### Task objective
All that is needed is each line of the entries holding the word "outside", copied as it stands.

### Listed entries

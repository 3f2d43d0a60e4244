//! Replies, read from bytes and split into datagrams.
ghost use Rattle.std.specs.Prelude.{◌≡◌, ◌↔◌, All, IsTrue, IfOk, IsOkUnless};
ghost use Rattle.batch_packets.specs.Faults.{AgreesWith};
ghost use Rattle.batch_packets.specs.Datagram.{is_version, first_fault};

use crate::header::read_u64;
use crate::item::{Item, check_datagram, next_item};
use crate::{BatchFault, Datagram, ReplyText, Status};
use outside::{Bytes, NoMemory};
use std::alloc::Global;
use std::marker::Model;

/// The reply to one request, whose ticket it repeats. The value is empty unless it is a hit.
#[derive(Drop)]
pub struct Reply {
    pub status: Status,
    pub ticket: u32,
    pub stamp: u64,
    pub value: Bytes,
}

/// A list of replies.
#[derive(Drop)]
pub struct ReplyList {
    replies: Vec<Reply>,
}

impl Model for ReplyList {
    ghost use Rattle.std.specs.Prelude.{List};
    ghost use Rattle.batch_packets.specs.declared.replies.Reply.{Reply};

    ghost Value = { List Reply };

    ghost view = { λ l. l.replies.items };
}

impl ReplyList {
    /// The replies in order.
    pub fn as_slice(&self) -> &[Reply]
        ensures { result.now ≡ self.now }
    {
        self.replies.as_slice()
    }

    /// The replies, which the list gives up.
    pub fn into_vec(self) -> Vec<Reply>
        ensures { result.items ≡ self }
    {
        self.replies
    }
}

impl From<Vec<Reply>> for ReplyList {
    ghost from_gives = { λ replies list. list ≡ replies.items };

    fn from(replies: Vec<Reply>) -> Self {
        ReplyList { replies }
    }
}

/// The replies of one datagram, with the number of their batch.
#[derive(Drop)]
pub struct Replies {
    pub version: u8,
    pub number: u32,
    pub replies: ReplyList,
}

ghost use Rattle.batch_packets.specs.declared.replies.Replies.{Replies};
ghost use Rattle.batch_packets.specs.ReplyGrammar.{IsReply, SpellsReplies, replies_kind};
ghost use Rattle.batch_packets.specs.Splitting.{SplitsInto};

/// Whether a datagram of this version may have the reply.
pub fn is_reply(version: u8, reply: &Reply) -> bool
    ensures { IsTrue result ↔ IsReply version reply.now }
{
    reply.status.is_of(version) && reply.value.bytes().len() <= reply.status.longest_value(version)
}

/// A reply whose value lies in the bytes that it is read from. Clauses see it as the reply.
#[derive(Drop)]
pub struct ReplyRef<'a> {
    status: Status,
    ticket: u32,
    stamp: u64,
    value: &'a [u8],
}

impl<'a> Model for ReplyRef<'a> {
    ghost use Rattle.batch_packets.specs.declared.replies.Reply.{Reply};

    ghost Value = { Reply };

    ghost view = { λ r. record { status = r.status; ticket = r.ticket; stamp = r.stamp; value = r.value.now } };
}

impl<'a> ReplyRef<'a> {
    /// The reply with a value of its own.
    fn to_reply(&self, alloc: Global) -> Result<Reply, NoMemory>
        ensures { IfOk result (λ reply. reply ≡ self.now) }
    {
        Ok(Reply {
            status: self.status,
            ticket: self.ticket,
            stamp: self.stamp,
            value: Bytes::copy(alloc, self.value)?,
        })
    }
}

impl<'a> Item<'a> for ReplyRef<'a> {
    ghost use Rattle.batch_packets.specs.ReplyGrammar.{IsReply, IsInRange, reply_text, replies_magic, replies_kind};

    ghost kind = { replies_kind };

    ghost text = { reply_text };

    ghost is_item = { IsReply };

    ghost is_in_range = { IsInRange };

    fn magic() -> [u8; 4]
        ensures { result ≡ replies_magic }
    {
        *b"MICR"
    }

    #[tactic(auto, unfolding(crate::specs::ReplyGrammar::reply_text))]
    fn read(version: u8, from: &'a [u8]) -> Result<(ReplyRef<'a>, &'a [u8]), BatchFault> {
        let [byte, zero, v0, v1, t0, t1, t2, t3, after @ ..] = from else {
            return Err(BatchFault::Short);
        };
        let Some((stamp, texts)) = read_u64(after) else {
            return Err(BatchFault::Short);
        };
        let Some(status) = Status::of(version, *byte) else {
            return Err(BatchFault::Op);
        };
        if *zero != 0 {
            return Err(BatchFault::Op);
        }
        let value_len = usize::from(u16::from_le_bytes([*v0, *v1]));
        if value_len > status.longest_value(version) {
            return Err(BatchFault::Length);
        }
        if texts.len() < value_len {
            return Err(BatchFault::Short);
        }
        let (value, rest) = texts.split_at(value_len);
        let reply = ReplyRef {
            status,
            ticket: u32::from_le_bytes([*t0, *t1, *t2, *t3]),
            stamp,
            value,
        };
        Ok((reply, rest))
    }
}

/// The replies whose text the bytes are.
#[tactic(auto, unfolding(crate::specs::ReplyGrammar::replies_datagram))]
pub fn read_replies(alloc: Global, from: &[u8]) -> Result<Replies, BatchFault>
    ensures replies { IfOk result (SpellsReplies from.now) }
    ensures fault { AgreesWith (first_fault replies_kind from.now) result }
    // The text of replies is read, unless memory runs out.
    ensures only { (replies : Replies) → SpellsReplies from.now replies
        → IsOkUnless result BatchFault.NoMemory }
{
    let (header, mut rest) = check_datagram::<ReplyRef>(from)?;
    let mut replies = Vec::with_capacity(alloc, usize::from(header.count))?;
    for _ in 0..header.count {
        let (reply, after) = next_item::<ReplyRef>(header.version, rest);
        replies.push_reserved(reply.to_reply(alloc)?);
        rest = after;
    }
    Ok(Replies {
        version: header.version,
        number: header.number,
        replies: ReplyList::from(replies),
    })
}

/// The datagrams of the replies to the batch of this number and version: each takes as many replies as fit.
pub fn write_replies(
    alloc: Global,
    replies: &[Reply],
    number: u32,
    version: u8,
) -> Result<Vec<Datagram>, NoMemory>
    requires version { IsTrue (is_version version) }
    requires each { All (IsReply version) replies.now }
    ensures { IfOk result (λ datagrams. SplitsInto version number replies.now datagrams.items) }
{
    let mut text = ReplyText::new(alloc, version, number)?;
    for reply in replies {
        text.add(reply.status, reply.ticket, reply.stamp, reply.value.bytes())?;
    }
    text.finish()
}
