//! The header that every datagram begins with.
ghost use Rattle.std.specs.Prelude.{◌≡◌, ◌^◌, ◌<◌, ◌≤◌, ◌++◌, Some, None, length, drop, vec_capacity, IsTrue, IfOk, IfErr, IfSome, IfNone, OnOk};
ghost use Rattle.std.specs.Int.{w64, to_le_bytes};
ghost use Rattle.batch_packets.specs.Datagram.{header_text, header_fault, version_at, count_at, is_version, max_datagram_len, max_value_len};

use crate::BatchFault;
use mica_words::MAX_VALUE_LEN;
use outside::NoMemory;

/// The bytes of a header.
pub const HEADER_LEN: usize = 10;

/// Where a header says how many items follow.
pub const COUNT_AT: usize = 5;

/// The most items of a datagram.
pub const MAX_ITEMS: usize = 255;

/// The most bytes of a datagram of version 1.
pub const MAX_DATAGRAM_LEN_V1: usize = 1472;

/// The most bytes of a datagram of version 2, and of any.
pub const MAX_DATAGRAM_LEN_V2: usize = 9000;

/// The most bytes of a value of version 1, whose format keeps it also where the store takes longer values.
pub const MAX_VALUE_LEN_V1: usize = 1024;

/// Whether there is such a version.
pub fn is_version(version: u8) -> bool
    ensures { result ≡ is_version version }
{
    version == 1 || version == 2
}

/// The most bytes of a datagram of a version.
pub fn max_datagram_len(version: u8) -> usize
    ensures { result ≡ max_datagram_len version }
{
    if version == 1 {
        MAX_DATAGRAM_LEN_V1
    } else {
        MAX_DATAGRAM_LEN_V2
    }
}

/// The most bytes of a value of a version.
pub fn max_value_len(version: u8) -> usize
    ensures { result ≡ max_value_len version }
{
    if version == 1 {
        MAX_VALUE_LEN_V1
    } else {
        MAX_VALUE_LEN
    }
}

/// The number of eight bytes at the front, and the bytes after it.
pub fn read_u64(from: &[u8]) -> Option<(u64, &[u8])>
    ensures some { IfSome result (λ x. from.now ≡ to_le_bytes w64 x.0 ++ x.1.now) }
    ensures none { IfNone result (length from.now < 8) }
{
    let [b0, b1, b2, b3, b4, b5, b6, b7, rest @ ..] = from else {
        return None;
    };
    let number = u64::from_le_bytes([*b0, *b1, *b2, *b3, *b4, *b5, *b6, *b7]);
    Some((number, rest))
}

/// What a header says.
#[derive(Clone, Copy)]
pub struct Header {
    pub version: u8,
    /// How many items follow.
    pub count: u8,
    /// The number of the batch.
    pub number: u32,
}

/// The header at the front, and the bytes after it.
pub fn read_header(magic: [u8; 4], from: &[u8]) -> Result<(Header, &[u8]), BatchFault>
    ensures text { IfOk result (λ x. from.now ≡ header_text magic x.0.version x.0.count x.0.number ++ x.1.now) }
    ensures version { IfOk result (λ x. IsTrue (is_version x.0.version)) }
    ensures some { IfOk result (λ x. 0 < x.0.count) }
    ensures number { IfOk result (λ x. x.0.number < 2 ^ 32) }
    ensures short { IfOk result (λ x. length from.now ≤ max_datagram_len x.0.version) }
    ensures no_fault { OnOk result (header_fault magic from.now ≡ None) }
    ensures fields { IfOk result (λ x. (version_at from.now ≡ x.0.version) × (count_at from.now ≡ x.0.count) × (drop HEADER_LEN from.now ≡ x.1.now)) }
    ensures fault { IfErr result (λ fault. header_fault magic from.now ≡ Some fault) }
{
    if from.len() > MAX_DATAGRAM_LEN_V2 {
        return Err(BatchFault::Length);
    }
    let [m0, m1, m2, m3, version, count, n0, n1, n2, n3, rest @ ..] = from else {
        return Err(BatchFault::Short);
    };
    if [*m0, *m1, *m2, *m3] != magic {
        return Err(BatchFault::Magic);
    }
    if !is_version(*version) {
        return Err(BatchFault::Version);
    }
    if from.len() > max_datagram_len(*version) {
        return Err(BatchFault::Length);
    }
    if *count == 0 {
        return Err(BatchFault::Count);
    }
    let header = Header {
        version: *version,
        count: *count,
        number: u32::from_le_bytes([*n0, *n1, *n2, *n3]),
    };
    Ok((header, rest))
}

/// Appends a header.
pub fn put_header(out: &mut Vec<u8>, magic: [u8; 4], header: Header) -> Result<(), NoMemory>
    ensures text { OnOk result (out.new.items ≡ out.old.items ++ header_text magic header.version header.count header.number) }
    ensures room { vec_capacity out.old ≤ vec_capacity out.new }
{
    out.extend_from_slice(&magic)?;
    out.extend_from_slice(&[header.version, header.count])?;
    out.extend_from_slice(&header.number.to_le_bytes())?;
    Ok(())
}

### Written response
use outside::{Bytes, NoMemory};
use outside::NoMemory;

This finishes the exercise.